The extensions Capability Field
New in Draft – This feature is in the Draft spec and may be finalised in a future revision.
The Draft specification adds an extensions field to both ClientCapabilities and ServerCapabilities. This provides a standardised place to advertise optional protocol extensions beyond the core spec, replacing the ad-hoc approach of custom methods and namespaced capabilities.

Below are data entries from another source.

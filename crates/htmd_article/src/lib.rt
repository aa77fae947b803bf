//! The main content of a page: what the page says itself (`main`, the body of an article, an article), else by where
//! most of its prose is; without the page's frame, and without the links of headings to themselves.
#![tactic(auto)]

mod choices;
mod density;
mod facts;
mod frame;
mod letters;
mod main_content;
mod names;
mod outermost;
mod parts;
mod sayings;
mod top_links;
mod writing;

pub use choices::Chosen;
pub use main_content::{Article, article_of};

// Server declaring support for a custom extension during initialization
{
capabilities: {
tools: {},
resources: {},
extensions: {
'com.mycompany/streaming-progress': {
version: '1.0.0',
},
'com.mycompany/team-collaboration': {
version: '2.1.0',
},
},
},
}
// Client checking for extension support
const serverCaps = client.getServerCapabilities();
if (serverCaps?.extensions?.['com.mycompany/streaming-progress']) {
// Enable the streaming progress UI
}
The extensions field gives custom methods a discoverable surface. Instead of blindly calling com.mycompany/getServerMetrics and hoping it exists, a client can check capabilities.extensions during initialisation and adapt its behaviour. Namespace your extensions with a reverse-domain prefix (like Java packages) to avoid collisions with future spec additions or other vendors.
What to Build Next
Replace subprocess spawning in your integration tests with the in-process transport. Measure the test speedup.
If you have a browser-based MCP client, implement the WebSocket transport and test it against your existing MCP server with a WebSocket adapter.